Heritage Collection of Rare Gasoline Engines
Virginia enthusiast’s collection of unique and rare gas engines built on family roots
Jeff Wahl leans against his family's rare circa 1904 9 HP Flour City gasoline engine at the Butterfield (Minn.) Threshing Show.
Photo By Bill Vossler
Jeff Wahl’s love of old iron was bred into him early. When he was 3 years old, he already owned a gasoline engine, courtesy of his grandpa Harvey Wahl, a 1-3/4 HP Associated Chore Boy that he still owns today.
Jeff’s father, Tom Wahl, had moved the family to Fairfax Station, Va., but the family returned to Grandpa’s Minnesota farm for a week or two each summer, around the time of the Butterfield (Minn.) Threshing Bee. “So I’d get to see my grandparents and the rest of the family that lives in the Minneapolis-St. Paul area,” Jeff says. “We would all attend the Butterfield show to help Grandpa show his antique farm equipment, camp out and have a family reunion of sorts.
“For me, going out to the farm, as we did every summer, was a completely different world from northern Virginia, a suburb of Washington, D.C.” Jeff says. “I enjoyed being on the farm, riding Grandpa’s farm machinery, helping to mow the lawn and pick veggies from the garden. And best of all, I got to see all my aunts, uncles and cousins.
“When we were young, we would jump off the hay wagons into the piles of threshed hay and get dirty and filthy,” he laughs. Additionally, he remembers riding in the parade on the back of an Aultman-Taylor 30-60 tractor that Grandpa operated for the elderly owner at the Butterfield Threshing Bee, “getting a ride, sitting on back with my legs hanging off. My parents say I used to spin my arms in a circle like a flywheel going around and made the sounds of an engine, shoo shoo shoo put,” he says. “It was a fun experience.”
Rare gasoline engines
The Wahl family has a series of rare gasoline engines about which little is known:
1904 9 HP Flour City
Harvey Wahl bought this rare item Sept. 14, 1974, at an estate auction in Valley Springs, S.D. “The engine was complete, including the original water tank, but it had been completely taken apart because it was in the process of being restored,” Jeff says.
His grandfather restored it by 1975, and in 1996 the Flour City was featured at the 30th Annual Butterfield show, acknowledging Harvey’s showmanship and involvement since the first show in 1967.
The engine appears to be about a 1904, Jeff says. “We think it’s a 9 HP based on bore and stroke measurements we obtained from original literature.”
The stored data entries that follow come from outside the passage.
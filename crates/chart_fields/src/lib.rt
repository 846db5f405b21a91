// The single fields of a chart file: their bodies, a step's entry in a column of the table of steps, and the table.
#![tactic(auto)]

mod bodies;
mod ends;
mod kinds;
mod table;

pub use bodies::{HeadBody, StepBody, check_head, check_step, head_of, step_of};
pub use ends::{ends_of, from_at, group_at, tag_at, to_at};
pub use kinds::{StepKind, step_length};
pub use table::StepTable;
Flour City portable farm engines are unique in how they are mounted to their carts. “Most portable engines can be removed from the cart, and you still have the engine intact,” Jeff says. “But with the Flour City, the engine cylinder, main crankshaft bearings, chain-driven water pump, etc., are all bolted directly to the heavy steel channel iron of the engine cart. There’s no engine base mounted to the cart frame and thus the flywheels hang down pretty low.”